In some ways, this sort of thing is hard to avoid. You get the academic honours, and the scholarships and stuff, and people kind of expect you to go into some high powered, highly paid job at the end of it. You have spent your youth striving hard in the meritocratic system, and you have jumped hurdle after hurdle. You have to work astonishingly hard to jump them, but if you keep doing so, then in some ways the system remains easy for you, because it is so structured. What you have to do next always appears clearly in front of you. You just keep jumping.
The 80 hour a week investment banking job is just one of these hurdles. You jump it, they pay you a lot of money, and you continue puting in lots and lots of hours. You feel obliged to either do this, or reject it completely and go for spiritually satisfying poverty as an urban nursery school teacher, or something like that. However going for something more complicated in the world of work is harder, as when you do this then suddenly the structure is gone, and quite frankly it's terrifying.
My investment banking career involved joining a large international firm in the equities division in Australia. For some reason over the years I had become obsessively interested in telecommunications, media, and other related industries. After a little while in the job, my bosses discovered this, and I spent most of my time writing strategic overviews of the telecommunications industry, from both a regulatory and technical point of view. In the tech and telco boom, this was great, and I had no end of fun. This was a relatively unusual job, as most analysts spend their time analysing individual companies. However, in the boom, our clients wanted to know about the technology and the overall growth of the industry, so this is what I spent my time on. I did some work I am very proud of, and in retrospect my record on picking which technologies were likely to be successful has turned out to be really good. In a bull market, this was great. However, the boom collapsed, and I found that in a downturn people become less interested in strategic issues, and firms are less willing to employ analysts who look at them. Plus telecommunications was the industry that collapsed more than any other, and I had the misfortune to be working for a firm that downsized more than any other. The gist of all this is that I found myself without the investment bank job any more.

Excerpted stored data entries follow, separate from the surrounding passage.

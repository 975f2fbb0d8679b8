// What may stand where in a layout, and the rules on it: one walk over the document, with a test for each rule.
ghost use Rattle.std.specs.Prelude.{◌≡◌, ◌&&◌, ◌||◌, ◌≤◌, option_map, Some};
ghost use Rattle.toml.specs.View.{view, table_view, items_view};
ghost use Rattle.wiki_layout.specs.Layout.{kind_at, region_kind, farm_kind, is_region, is_table_name, all_members, all_items, inside, is_whole_number, is_list_of_numbers, is_of_kind, lies_between, is_between, are_weights, are_allowed_weights, is_in_range, is_weight, passes, key_passes, table_passes, member_passes, keeps};
ghost use Rattle.wiki_layout.specs.AsModel.{kind_of};

use farm_base::{BOUND_MAX, MOMENT_MAX};
use toml::{Table, Value};

/// The numbers that may stand at a key, and the one that is meant if it is absent.
#[derive(Clone, Copy, Debug, PartialEq, Eq)]
pub(crate) struct Range {
    /// The least number that is taken.
    pub least: u64,
    /// The greatest number that is taken.
    pub greatest: u64,
    /// What is meant if the key is absent.
    pub default: u64,
}

/// How many pages a cache has room for.
pub(crate) const SLOTS: Range = Range {
    least: 256,
    greatest: 65_536,
    default: 4_096,
};

/// The moment before which no cached page counts, in milliseconds.
pub(crate) const EPOCH: Range = Range {
    least: 0,
    greatest: MOMENT_MAX,
    default: 0,
};

/// The workers of a round.
pub(crate) const WORKERS: Range = Range {
    least: 1,
    greatest: 8,
    default: 1,
};

/// How many entries each replica applies before a request.
pub(crate) const PACE: Range = Range {
    least: 1,
    greatest: 1_000,
    default: 1_000,
};

/// How late a commit may follow its purge, in milliseconds.
pub(crate) const COMMIT_DELAY: Range = Range {
    least: 0,
    greatest: BOUND_MAX as u64,
    default: 3_000,
};

/// How far a replica may lag for its page to be kept whole, in milliseconds.
pub(crate) const READ_LAG: Range = Range {
    least: 0,
    greatest: BOUND_MAX as u64,
    default: 7_000,
};

/// By how much the clocks of the two regions may differ, in milliseconds: always by something.
pub(crate) const SKEW: Range = Range {
    least: 1,
    greatest: BOUND_MAX as u64,
    default: 1_000,
};

// The most replicas of a region.
const WEIGHTS_MAX: usize = 8; // weights

// The greatest weight of a replica.
const WEIGHT_MAX: u64 = 1_000;

/// A rule on what stands in a document, in the order in which they are tested.
#[derive(Clone, Copy, Debug, PartialEq, Eq)]
pub(crate) enum Rule {
    /// Each table and each key in it has a name that is known.
    Names,
    /// Each value is a table, a whole number or a list of whole numbers, as its name wants.
    Kinds,
    /// Each number is in its range, and each list has a length that is allowed.
    Ranges,
}

/// What may stand at a key.
#[derive(Clone, Copy, Debug, PartialEq, Eq)]
pub(crate) enum Kind {
    Number(Range),
    /// One to eight weights of replicas.
    Weights,
}

/// Whether the document keeps the rule. It takes no memory and goes over the document once.
pub(crate) fn keeps(rule: Rule, document: &Table) -> bool
    ensures { result ≡ keeps rule (table_view document.now) }
{
    for (name, value) in document.iter() {
        if !member_passes(rule, name.as_str(), value) {
            return false;
        }
    }
    true
}

fn member_passes(rule: Rule, name: &str, value: &Value) -> bool
    ensures { result ≡ member_passes rule name.now (view value.now) }
{
    table_passes(rule, name, value) && inside_passes(rule, name, value)
}

fn table_passes(rule: Rule, name: &str, value: &Value) -> bool
    ensures { result ≡ table_passes rule name.now (view value.now) }
{
    match rule {
        Rule::Names => is_table_name(name),
        Rule::Kinds => value.as_table().is_some(),
        Rule::Ranges => true,
    }
}

fn is_table_name(name: &str) -> bool
    ensures { result ≡ is_table_name name.now }
{
    name == "home" || name == "west" || name == "farm"
}

// A value that is no table has nothing inside that could break a rule.
fn inside_passes(rule: Rule, name: &str, value: &Value) -> bool
    ensures { result ≡ inside (key_passes rule name.now) (view value.now) }
{
    match value.as_table() {
        Some(table) => keys_pass(rule, name, table),
        None => true,
    }
}

fn keys_pass(rule: Rule, name: &str, table: &Table) -> bool
    ensures { result ≡ all_members (key_passes rule name.now) (table_view table.now) }
{
    for (key, value) in table.iter() {
        if !key_passes(rule, name, key.as_str(), value) {
            return false;
        }
    }
    true
}

fn key_passes(rule: Rule, name: &str, key: &str, value: &Value) -> bool
    ensures { result ≡ key_passes rule name.now key.now (view value.now) }
{
    passes(rule, kind_at(name, key), value)
}

fn passes(rule: Rule, kind: Option<Kind>, value: &Value) -> bool
    ensures { result ≡ passes rule (option_map kind_of kind) (view value.now) }
{
    match rule {
        Rule::Names => kind.is_some(),
        Rule::Kinds => is_of_kind(kind, value),
        Rule::Ranges => is_in_range(kind, value),
    }
}

fn kind_at(name: &str, key: &str) -> Option<Kind>
    ensures { option_map kind_of result ≡ kind_at name.now key.now }
{
    if is_region(name) {
        return region_kind(key);
    }
    if name == "farm" {
        return farm_kind(key);
    }
    None
}

fn is_region(name: &str) -> bool
    ensures { result ≡ is_region name.now }
{
    name == "home" || name == "west"
}

fn region_kind(key: &str) -> Option<Kind>
    ensures { option_map kind_of result ≡ region_kind key.now }
{
    if key == "weights" {
        return Some(Kind::Weights);
    }
    if key == "slots" {
        return Some(Kind::Number(SLOTS));
    }
    None
}

fn farm_kind(key: &str) -> Option<Kind>
    ensures { option_map kind_of result ≡ farm_kind key.now }
{
    if key == "epoch" {
        return Some(Kind::Number(EPOCH));
    }
    if key == "workers" {
        return Some(Kind::Number(WORKERS));
    }
    if key == "pace" {
        return Some(Kind::Number(PACE));
    }
    if key == "commit_delay" {
        return Some(Kind::Number(COMMIT_DELAY));
    }
    if key == "read_lag" {
        return Some(Kind::Number(READ_LAG));
    }
    if key == "skew" {
        return Some(Kind::Number(SKEW));
    }
    None
}

fn is_of_kind(kind: Option<Kind>, value: &Value) -> bool
    ensures { result ≡ is_of_kind (option_map kind_of kind) (view value.now) }
{
    match kind {
        Some(Kind::Number(_)) => is_whole_number(value),
        Some(Kind::Weights) => is_list_of_numbers(value),
        None => false,
    }
}

fn is_whole_number(value: &Value) -> bool
    ensures { result ≡ is_whole_number (view value.now) }
{
    value.as_integer().is_some()
}

fn is_list_of_numbers(value: &Value) -> bool
    ensures { result ≡ is_list_of_numbers (view value.now) }
{
    match value.as_array() {
        Some(items) => are_numbers(items),
        None => false,
    }
}

fn are_numbers(items: &[Value]) -> bool
    ensures { result ≡ all_items is_whole_number (items_view items.now) }
{
    for item in items {
        if !is_whole_number(item) {
            return false;
        }
    }
    true
}

fn is_in_range(kind: Option<Kind>, value: &Value) -> bool
    ensures { result ≡ is_in_range (option_map kind_of kind) (view value.now) }
{
    match kind {
        Some(Kind::Number(range)) => is_between(range.least, range.greatest, value),
        Some(Kind::Weights) => are_weights(value),
        None => false,
    }
}

fn is_between(least: u64, greatest: u64, value: &Value) -> bool
    ensures { result ≡ is_between least greatest (view value.now) }
{
    match value.as_integer() {
        Some(n) => lies_between(least, greatest, n),
        None => false,
    }
}

fn lies_between(least: u64, greatest: u64, n: i64) -> bool
    ensures { result ≡ lies_between least greatest n }
{
    if n < 0 {
        return false;
    }
    least <= n.cast_unsigned() && n.cast_unsigned() <= greatest
}

fn are_weights(value: &Value) -> bool
    ensures { result ≡ are_weights (view value.now) }
{
    match value.as_array() {
        Some(items) => are_allowed(items),
        None => false,
    }
}

#[tactic(auto, using(crate::proofs::Weights::counted))]
fn are_allowed(items: &[Value]) -> bool
    ensures { result ≡ are_allowed_weights (Some (items_view items.now)) }
{
    0 < items.len() && items.len() <= WEIGHTS_MAX && are_small(items)
}

fn are_small(items: &[Value]) -> bool
    ensures { result ≡ all_items is_weight (items_view items.now) }
{
    for item in items {
        if !is_between(0, WEIGHT_MAX, item) {
            return false;
        }
    }
    true
}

So I now find myself in the middle of this complicated world. The structured career path has vanished. Because investment bankers are paid very well (and I was paid off quite well) I was and am in no immediate danger of starving, but life was and is complicated. I've been looking for a job, but not with the desperation I would have if I was going to be broke tomorrow. I still hope to find something as a telecommunications or media analyst of some sort: perhaps in a specialist consultancy or the strategic planning department of a telco or media company. There are certainly lots of other jobs I am capable of doing, but finding one that will satisfy me and that I can convince someone to give me is hard. In the mean time, I have come back to London (because I like the city) and I have written a book on digital television which I am presently shopping around various publishers. (Perhaps I should post a couple of sample chapters on this website). I have done lots of blogging.
And David Brooks is right. The meritocratic career path did not prepare me well to figure out what to do once I was spat out into the world. I haven't yet found my place in the universe. At some point I no doubt will, but for now life is hard.